The invention relates to joint transform correlators and particularly to a joint transform correlator employing an interferometer, and a data formatting system using frequency multiplexing techniques.
Optical joint transform correlators used for real time applications employ two spatially separated images written onto the input transducer. Systems not used for real time use film images separated spatially at the input, or an image at the input and a holographic matched filter at the transform plane.
A joint transform correlator using two spatially separated input images has real time applications since the images can be written onto a spatial light modulator (SLM). The input images are then illuminated by a collimated coherent light source. The spatially modulated light is then passed through a lens to produce the joint transform plane. Since the input images are spatially separated, and the light from each image passes through the transform plane with a given angular relationship, interference fringes are produced. This process optically introduces a carrier to the cross correlation products. To complete the correlation process it is necessary to multiply all of the cross terms from each of the input images. The multiplication is accomplished by using an optical detection process, such as recording the joint transform on film (a non-linear detection media) or, for real time operation, the joint transform can be written onto an optical-to-optical transducer such as a liquid crystal light valve. The output of the second transducer is then transformed optically to produce the correlation plane. Since a carrier is introduced by spatially separating the input images, the cross correlation output is spatially separated from auto correlation and other undesired outputs produced by the optical system.
Under real time conditions, such a prior art correlator system requires a complete input system. Generally the spatial light modulators used in the system have a single input port. Thus, in order to receive the two spatially separated input images, the system must employ a digital data formatting system that further includes a significant high speed memory system with proper digital support. If the input images contain broadband signal information in analog format, high speed digitation is also required. Thus, such prior art correlator systems require relatively complex digital input circuits, and do not make efficient use of the area space bandwidth product of the spatial light modulator, i.e., of the input transducer.
A second prior art correlation system employs two separate light transducers which require extensive optical and electrical matching that generally is cost prohibitive in producing a high time bandwidth correlation system.
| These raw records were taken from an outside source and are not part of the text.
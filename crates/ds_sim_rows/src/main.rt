//! Shows the runs of worked documents. No part of the product: the gate runs it and compares what it prints.
//!
//! A line of the input that begins with `#` says what the document below it shows, and is printed as it is. Any other line is a
//! document, and is answered by the text of its run, or by `document CODE at PLACE`. Expected answers come from the rules and
//! formats and from another program, and not from this one.
#![tactic(auto)]

use ds_doc::{DocFault, read};
use ds_sim::run_text;
use std::alloc::{AllocError, Global};
use std::io;
use std::io::{BufRead, BufReader};

/// The text of the run of a document that the bytes say.
fn simulate(alloc: Global, bytes: &[u8]) -> Result<Vec<u8>, DocFault> {
    let doc = read(alloc, bytes)?;
    let text = run_text(alloc, doc)?;
    Ok(text)
}

/// What a line is answered.
fn answer(alloc: Global, line: &str, out: &mut String) -> Result<(), AllocError> {
    match simulate(alloc, line.as_bytes()) {
        Ok(text) => {
            if let Ok(text) = str::from_utf8(text.as_slice()) {
                out.push_str(text)?;
            }
            Ok(())
        }
        Err(DocFault::Refused(code, place)) => {
            out.push_str("document ")?;
            push_number(out, u64::from(code))?;
            out.push_str(" at ")?;
            push_number(out, place as u64)?;
            out.push_str("\n")?;
            Ok(())
        }
        Err(DocFault::NoMemory) => Err(AllocError),
    }
}

/// Appends a number in decimal.
fn push_number(out: &mut String, number: u64) -> Result<(), AllocError> {
    let mut buffer = itoa::Buffer::new();
    out.push_str(buffer.format(number))?;
    Ok(())
}

fn main(rt: HostRuntime) -> io::Result<()> {
    let alloc = rt.alloc();
    for line in BufReader::new(alloc, rt.reader())?.lines(alloc) {
        let line = line?;
        let mut out = String::new(alloc);
        if line.starts_with('#') {
            out.push_str(line.as_str())?;
            out.push_str("\n")?;
        } else {
            answer(alloc, line.as_str(), &mut out)?;
        }
        print!(rt; "{out}")?;
    }
    Ok(())
}
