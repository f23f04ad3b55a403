// The writer: index octets, seven a frame, become the protected multiframes of an utterance, or a refusal with 01's number and place.
#![tactic(auto)]

ghost use Rattle.std.specs.Prelude.{◌≡◌, ◌^◌, ◌<◌};
ghost use Rattle.writer.specs.Writing.{verdict, outcome, writing, number_of, place_of};

use layout::{FrameLayout, MultiframeLayout, UtteranceLayout};
use packing::Frames;
use refusals::{Refusal, Writing};
use settings::Settings;

// Every refusal, in 01's order. Nothing that can be written is lent, so that a refusal can change nothing.
fn decide(settings: Settings, indices: &[u8], room: usize) -> Result<usize, Writing>
    ensures { result ≡ verdict settings indices.now room }
{
    if !settings.is_right() {
        return Err(Writing::WrongSettings);
    }
    if indices.len() % FrameLayout::INDICES != 0 {
        return Err(Writing::PartFrame {
            octets: indices.len(),
        });
    }
    let frames = indices.len() / FrameLayout::INDICES;
    if UtteranceLayout::FRAMES < frames {
        return Err(Writing::TooMany { frames });
    }
    if let Some(frame) = wrong_frames::first_wide(indices) {
        return Err(Writing::WideIndex { frame });
    }
    if let Some(frame) = wrong_frames::first_early(indices) {
        return Err(Writing::ZeroFrame { frame });
    }
    let needed = MultiframeLayout::OCTETS * (frames / MultiframeLayout::FRAMES + 1);
    if room < needed {
        return Err(Writing::OutputShort { needed });
    }
    Ok(needed)
}

// write puts the utterance of these settings and index octets, seven a frame, into the front of out as multiframes and answers the number
// of octets written; octets beyond stay. Or it refuses, in 01's order, and every octet of out is as it came. 01's number and place of the
// answer are those of the definition.
#[tactic(auto, using(crate::proofs::Places::verdict_fits, crate::proofs::Laws::accepted))]
pub fn write(settings: Settings, indices: &[u8], out: &mut [u8]) -> Result<usize, Writing>
    ensures all { outcome result out.new ≡ writing settings indices.now out.old }
    ensures number { number_of result ≡ number_of (writing settings indices.now out.old).answer }
    ensures place { place_of result ≡ place_of (writing settings indices.now out.old).answer }
    ensures fits { place_of result < 2 ^ 64 }
{
    let octets = decide(settings, indices, out.len())?;
    let frames = Frames { octets: indices };
    image::put_image(settings, frames, octets / MultiframeLayout::OCTETS, out);
    Ok(octets)
}

// number_of gives 01's number of an answer: that of success, or the refusal's.
pub fn number_of(a: Result<usize, Writing>) -> u32
    ensures { result ≡ number_of a }
{
    match a {
        Ok(_) => refusals::SUCCESS,
        Err(r) => r.number(),
    }
}

// place_of gives the octets written, or 01's place of a refusal. It asks for a number that fits, as every answer of write has. number_of asks
// for nothing, so the two are no instances of one function.
pub fn place_of(a: Result<usize, Writing>) -> usize
    requires { place_of a < 2 ^ 64 }
    ensures { result ≡ place_of a }
{
    match a {
        Ok(octets) => octets,
        Err(r) => r.place(),
    }
}
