// A multiframe in octets: its header as a word, and its feature stream.
#![tactic(auto)]

ghost use Rattle.std.specs.Prelude.{◌≡◌, ◌+◌, ◌≤◌, ◌<◌, length};
ghost use Rattle.layout.specs.Layout.{multiframe_octets, stream_octets};
ghost use Rattle.cutting.specs.Laws.{Placed};
ghost use Rattle.carrier.specs.Carrier.{header_word, stream_from, in_places, word_at, stream_at, multiframes_of};

use layout::{Multiframe, MultiframeLayout};
use std::marker::Model;

// header_word gives the header of the multiframe at a place, as a word. It asks, as stream_at, for a whole multiframe, which cutting has found:
// a fact of octets and one place, which Multiframes has of all places.
pub fn header_word(octets: &[u8], place: usize) -> u32
    requires { place + multiframe_octets ≤ length octets.now }
    ensures { result ≡ header_word octets.now place }
{
    (bits::word(octets, place + MultiframeLayout::SYNC) & 0xffffffff) as u32
}

// stream_at lends the feature stream of the multiframe at a place.
#[tactic(auto, using(lists::specs::Parts::lent))]
pub fn stream_at<'a>(octets: &'a [u8], place: usize) -> &'a [u8]
    requires { place + multiframe_octets ≤ length octets.now }
    ensures { result.now ≡ stream_from octets.now place }
{
    let at = place + MultiframeLayout::SYNC + MultiframeLayout::HEADER;
    &octets[at..at + MultiframeLayout::STREAM]
}

// Received octets that are cut up, and the places at which their multiframes begin, a whole one at each: lent together, and taken together
// by all that reads headers, packets and frames. A contract sees the definitions' record of both. That they are at most 255 is asked where
// it matters: in this type it would be asked where headers are read and CRCs tried, too.
#[derive(Drop)]
pub struct Multiframes<'a> {
    octets: &'a [u8],
    places: &'a [usize],
}

impl<'a> Model for Multiframes<'a> {
    ghost use Rattle.cutting.specs.Laws.{Placed};
    ghost use Rattle.carrier.specs.Carrier.{Multiframes, multiframes_of};

    ghost Value = { Multiframes };

    ghost view = { λ m. multiframes_of m.octets.now m.places.now };

    ghost invariant = { λ m. Placed m.octets.now m.places.now };
}

impl<'a> Multiframes<'a> {
    // new lends octets and places of whole multiframes in them, as cutting finds them.
    pub fn new(octets: &'a [u8], places: &'a [usize]) -> Multiframes<'a>
        requires { Placed octets.now places.now }
        ensures { result ≡ multiframes_of octets.now places.now }
    {
        Multiframes { octets, places }
    }

    // octets lends all octets.
    pub fn octets(&self) -> &'a [u8]
        ensures { result.now ≡ self.now.octets }
    {
        self.octets
    }

    // count gives how many multiframes there are.
    pub fn count(&self) -> usize
        ensures { result ≡ length self.now.places }
    {
        self.places.len()
    }

    // header_word gives the header of multiframe k.
    pub fn header_word(&self, k: Multiframe) -> u32
        requires { k.0 < length self.now.places }
        ensures { result ≡ word_at self.now.octets (in_places self.now.places) k.0 }
    {
        header_word(self.octets, self.places[k.0])
    }

    // stream lends the feature stream of multiframe k.
    #[tactic(auto, using(crate::specs::Laws::length_stream))]
    pub fn stream(&self, k: Multiframe) -> &'a [u8]
        requires { k.0 < length self.now.places }
        ensures value { result.now ≡ stream_at self.now.octets (in_places self.now.places) k.0 }
        ensures whole { length result.now ≡ stream_octets }
    {
        stream_at(self.octets, self.places[k.0])
    }
}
The above prior art joint transform correlator, using spatially separated input images, has a time bandwidth product equal to one third of the time bandwidth product of the input transducer, since the input image covers one third of the transducer's area. On the other hand, the frequency multiplexed joint transform system of description herein has one half the time bandwidth product of the input transducer, since the entire transducer area is used, at one half the bandwidth.
Thus, the invention correlator system extends the time bandwidth product of the joint transform correlator system, while also eliminating the need to data format with a complex digital system. The frequency multiplexed joint transform correlator system allows each channel to use the entire scanned area of the input transducer while each channel occupies one half of the total allowable bandwidth. This system thus allows the input transducer to be used more efficiently.
A typical prior art cross correlator system employing two spatially separated input images is shown in the article by D. Casasent, Proceeding of the IEEE, Vol. 67, No. 5, May 1979, pages 813-825. A prior art system employing two input transducers and a dual-axis configuration is depicted in the article by T. C. Lee et al, Optics Letters, Vol. 4, No. 4, Apr. 1979, pages 121-123. Still another prior art correlator system employs a form of signal multiplexing at the input thereto, but which further employs electronic means (i.e., a modified spectrum analyzer) not optical means, to process the joint transform correlator output. Such a system is depicted in the article by D. Casasent, et al, Applied Optics, Vol. 17, No. 21, Nov. 1, 1978, pages 3418-3423.